「大きな物語」の消滅

 最近、勝手に「朝日新聞問題ウォッチャー」をしていたので、昨日の朝日新聞の会見はとても興味深かった。ちょっと「団交」というのを思い出した。
 わたくしは戦後2年目に生まれで、中学に入ったときに60年安保、大学に入ったときに「1968年」があり、45歳ごろにソ連と東欧圏の消滅を経験した。そういう人間としての個人的な感想であり、いささかも普遍性をもつものとは考えていない。
 今回の社長の会見で、わたくしが一番面白いと思ったのは以下の部分である。
 『吉田調書のような調査報道も、慰安婦問題のような過去の歴史の負の部分に迫る報道も、すべては朝日新聞の記事に対する読者のみなさまの厚い信頼があってこそ成り立つものです。』
 あたりまえといえばあたりまえのことを言っているようにみえるが、ここが肝なのだと思う。先月、検証記事と称するものを出したとき、ネット右翼といわれるひとたちからさまざまな罵詈雑言がでてくることは当然予想していたと思われるし、産経新聞週刊文春週刊新潮などがねちねちといやみをいってくるであろうことも想定内であったと思う。しかし、それと同時に、「確かに誤報をしたことは問題であるが、遅きに失したとはいえ今回それを認めたことを多とし、前の戦争を深く反省し、二度と戦争を繰り返してはならないという気持ちがこれらの報道の根幹にあったということを理解し、朝日新聞をあまりに過剰に叩くことで日本の良識を代表する新聞が萎縮する方向にならないことも大事である。角を矯めて牛を殺すことなかれ!」というような意見もまた澎湃としてわきあがってきて、批判の声を相殺してくれることも期待していたのだと思う。
 頭の悪いひとたちが自己のささやかなアイデンティティーをまもるために「愛国」というような愚かな砦に立てこもっている。週刊誌は売れればいいからただ面白おかしく書きたてる。しかし、草の根の多くの良識あるひとたちは大きな声はださないにしても自分の味方でいてくれるという信念をもっていたところ、いつまでたっても、そのような声がどこからもあがってこない(強固な信条を抱いているので当然そういう声をあげてしかるべき人からしかそれはあがってこなかった)、それにうろたえたのだと思う。

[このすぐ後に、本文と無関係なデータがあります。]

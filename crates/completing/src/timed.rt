use crate::count::{Count, No};

/// A record, with the index of an event of its call: of the call itself, or of the reply. The one with the
/// lesser index comes first.
#[derive_where(Clone, Copy, PartialEq, Eq, PartialOrd, Ord)]
pub struct Timed<D: Count> {
    pub at: usize,
    pub rec: No<D>,
}

/// Returns the earlier of two; the first of them if both have the same index.
pub fn earlier<D: Count>(first: Option<Timed<D>>, second: Option<Timed<D>>) -> Option<Timed<D>> {
    match (first, second) {
        (Some(one), Some(other)) => Some(if other.at < one.at { other } else { one }),
        (Some(one), None) => Some(one),
        (None, other) => other,
    }
}
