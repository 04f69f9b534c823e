ghost use Rattle.std.specs.Prelude.{◌≡◌, length};

use crate::count::{Count, No};
use events::Rec;
use std::alloc::AllocError;
use std::marker::PhantomData;

/// The records of a document.
pub struct Records<'a, D: Count> {
    all: &'a [Rec],
    document: PhantomData<D>,
    ghost counted: { length all.now ≡ D.number },
}

impl<D: Count> Clone for Records<'_, D> {
    fn clone(&self) -> Result<Self, AllocError> {
        Ok(Records::new(self.all))
    }
}

impl<D: Count> Copy for Records<'_, D> {}

impl<'a, D: Count> Records<'a, D> {
    /// Returns these records.
    pub fn new(all: &'a [Rec]) -> Records<'a, D>
        // They are as many as the document has.
        requires { length all.now ≡ D.number }
    {
        Records {
            all,
            document: PhantomData,
        }
    }

    /// Returns all of them.
    pub fn all(self) -> &'a [Rec]
        ensures { length result.now ≡ D.number }
    {
        self.all
    }

    /// Returns how many there are.
    pub fn len(self) -> usize
        ensures { result ≡ D.number }
    {
        self.all.len()
    }

    /// Returns the record with the number.
    pub fn of(self, rec: No<D>) -> Rec {
        self.all[rec.index()]
    }
}
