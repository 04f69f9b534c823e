//! What the guesses of orders that complete unanswered writes share: numbers of records and of stretches, and values by
//! number; lines of records, and the places of a chain of writes; and the pairs that a shard has left, from which
//! numbers are given anew too. A number is of a type of its own, `No`, so that none is out of range.
//!
//! ```text
//! let records = Records::<D>::new(&own); // D: Count, as many as there are
//! let mut taken = Table::new(alloc, records.len(), false)?; // one value a record
//! let chain = Chain { writes, stretches }; // by rules, or by the search forward
//! let places = places_with_pairs(alloc, records, &chain, seen)?; // Option<Vec<Place>>
//! ```
#![tactic(auto)]

mod chain_write;
mod count;
mod free;
mod lines;
mod near;
mod numbering;
mod records;
mod table;
mod timed;
mod writes_by_number;

pub use chain_write::{Chain, ChainWrite, is_conflict, is_free_conflict, leaves_it, needs};
pub use count::{Count, No};
pub use free::{Free, PairRange};
pub use lines::{Lines, first_left};
pub use near::{HasPair, find, find_near};
pub use numbering::places_with_pairs;
pub use records::Records;
pub use table::Table;
pub use timed::{Timed, earlier};
pub use writes_by_number::{ConflictOrder, WritesByNumber, number_of};
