use version_pair::Pair;

/// The pairs of a shard that are not in use.
#[derive(Clone, Copy)]
pub struct Free<'a> {
    // The pairs that are in use, rising.
    used: &'a [Pair],
}

impl Free<'_> {
    /// Returns all pairs but those in use, which must rise.
    pub fn among(used: &[Pair]) -> Free<'_> {
        Free { used }
    }

    // The pairs in use from this one on.
    fn used_from(&self, pair: Pair) -> &[Pair] {
        &self.used[self.used.partition_point(|entry| *entry < pair)..]
    }

    /// Returns the number of pairs that are free from one pair on and below another of its term.
    pub fn count(self, from: Pair, below: Pair) -> u64 {
        let used = self.used_from(from).partition_point(|entry| *entry < below);
        // (None is free if the second pair is not above the first: the number isn't below zero.)
        below
            .seq()
            .saturating_sub(from.seq())
            .saturating_sub(used as u64)
    }

    /// Returns the least number that is free in the term of a pair, from its own number on.
    pub fn least_from(self, from: Pair) -> u64 {
        // It is found by bisection: pairs in use follow one another without a gap up to one of them if and
        // only if that one is where it would be without a gap.
        let mut next = from.seq();
        let mut rest = self.used_from(from);
        for _ in 0..usize::BITS {
            let (lesser, others) = rest.split_at(rest.len() / 2);
            let Some((middle, greater)) = others.split_first() else {
                break;
            };
            let follows = middle.seq().checked_sub(next) == Some(lesser.len() as u64);
            if middle.term() == from.term() && follows {
                next = middle.seq() + 1;
                rest = greater;
            } else {
                rest = lesser;
            }
        }
        next
    }

    /// Returns the least pair that is free from one pair on and below another, which must be of the same
    /// term; `None` if none is free.
    pub fn least(self, from: Pair, below: Pair) -> Option<Pair> {
        let seq = self.least_from(from);
        if seq < below.seq() {
            Pair::new(from.term(), seq)
        } else {
            None
        }
    }
}

/// The pairs between two pairs of one term: from one on and below another.
#[derive(Clone, Copy)]
pub struct PairRange {
    pub from: Pair,
    pub upper: Pair,
}

impl PairRange {
    /// Returns the pairs above a pair and below another, if both are of one term. Before the first pair the
    /// term counts as 1.
    pub fn between(lower: Option<Pair>, upper: Pair) -> Option<PairRange> {
        let (term, seq) = match lower {
            Some(lower) => (lower.term(), lower.seq() + 1),
            None => (1, 0),
        };
        if term != upper.term() {
            return None;
        }
        Some(PairRange {
            from: Pair::new(term, seq)?,
            upper,
        })
    }
}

 ゲリラ戦というのはそれを支持する人民の海のなかでしか継続できないものである。気がついてみたら、まわりにいるのは自分たちの首をねらう竹槍をもった民ばかりだったのである。「持久戦論」などといっている場合ではないことに気づいた。無学なバカはいざしらず、まともな知識人はわれわれの味方と思っていたら、その知識人の一部が槍をもってむかってきたのである。槍を持つものはまだごく一部であるとしても、その他の知識人が自分を見る目も随分と冷たい。『朝日新聞の記事に対する読者のみなさまの厚い信頼』はいつの間にかどこかに霧散してしまっていたのである。
 今回の会見は、誤報・誤認に対する謝罪である。しかし『朝日新聞の記事に対する読者のみなさまの厚い信頼』が失われたとしたら、それは誤報をしたという事実からではなく、「誤報であってもいいじゃないか、われれれの今回の戦争への反省を示せるならば」という姿勢のほうからだということはいくらなんでも気がついているはずで、謝罪の口実としては事実誤認であるが、実際に表明しようとしたことは、こういう姿勢でいては皆様の支持信頼がえられないことがわかったので、これからは改めます、という転向宣言なのであると思う。

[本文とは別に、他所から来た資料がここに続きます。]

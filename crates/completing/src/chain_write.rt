use crate::count::{Count, No};
use crate::table::Table;
use doc_register::{Op, Reply};
use events::Rec;
use version_pair::Pair;

/// A write of a chain.
#[derive_where(Clone, Copy)]
pub struct ChainWrite<D: Count> {
    /// Its pair; `None` for one that is invented at the end.
    pub pair: Option<Pair>,
    /// Its record.
    pub rec: No<D>,
}

/// Writes in their order, and for each answered record that is not one of them its stretch: how many of them
/// come before it.
#[derive(Drop)]
pub struct Chain<D: Count> {
    pub writes: Vec<ChainWrite<D>>,
    pub stretches: Table<D, Option<usize>>,
}

/// Returns whether the document exists after the operation.
pub fn leaves_it(op: Op) -> bool {
    matches!(op, Op::Index { .. } | Op::Create { .. })
}

/// Returns whether the document must exist before the write, or must not; `None` if either will do.
pub fn needs(found: Rec) -> Option<bool> {
    match found.heard {
        Some((_, Reply::Indexed { created, .. })) => Some(!created),
        Some((_, Reply::Deleted { found, .. })) => Some(found),
        _ => match found.op {
            Op::Create { .. } => Some(false),
            Op::Index { cond: Some(_), .. } | Op::Delete { cond: Some(_) } => Some(true),
            _ => None,
        },
    }
}

/// Returns whether the record's reply is a conflict.
pub fn is_conflict(found: Rec) -> bool {
    matches!(found.heard, Some((_, Reply::Conflict)))
}

/// Returns whether the record's reply is a conflict that no document refuses: an index or a delete without a
/// condition, which must be performed.
pub fn is_free_conflict(found: Rec) -> bool {
    is_conflict(found) && found.op.condition().is_none() && !matches!(found.op, Op::Create { .. })
}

 朝日新聞が戦時中は大政翼賛で戦後マッカーサーアメリカ万歳、その後、スターリンソ連から毛沢東中国と旗標を変えてきたが、戦中は軍部の言論弾圧のためやむなくそうしたとか、占領軍の言論統制でいいたいこともいえなかったとかいうのではなく、その時々の「大きな物語」がどこにあるかという判断がそうさせたのだと思う。
 「大きな物語」というのはポストモダンのほうの言説からでてきたものだと思うけれど、彼らの文脈ではマルクス主義のことを指したのだと思われる。もっと広くは世界の成り立ちを説明できる大きな原理であるとか枠組みをさすのだろう。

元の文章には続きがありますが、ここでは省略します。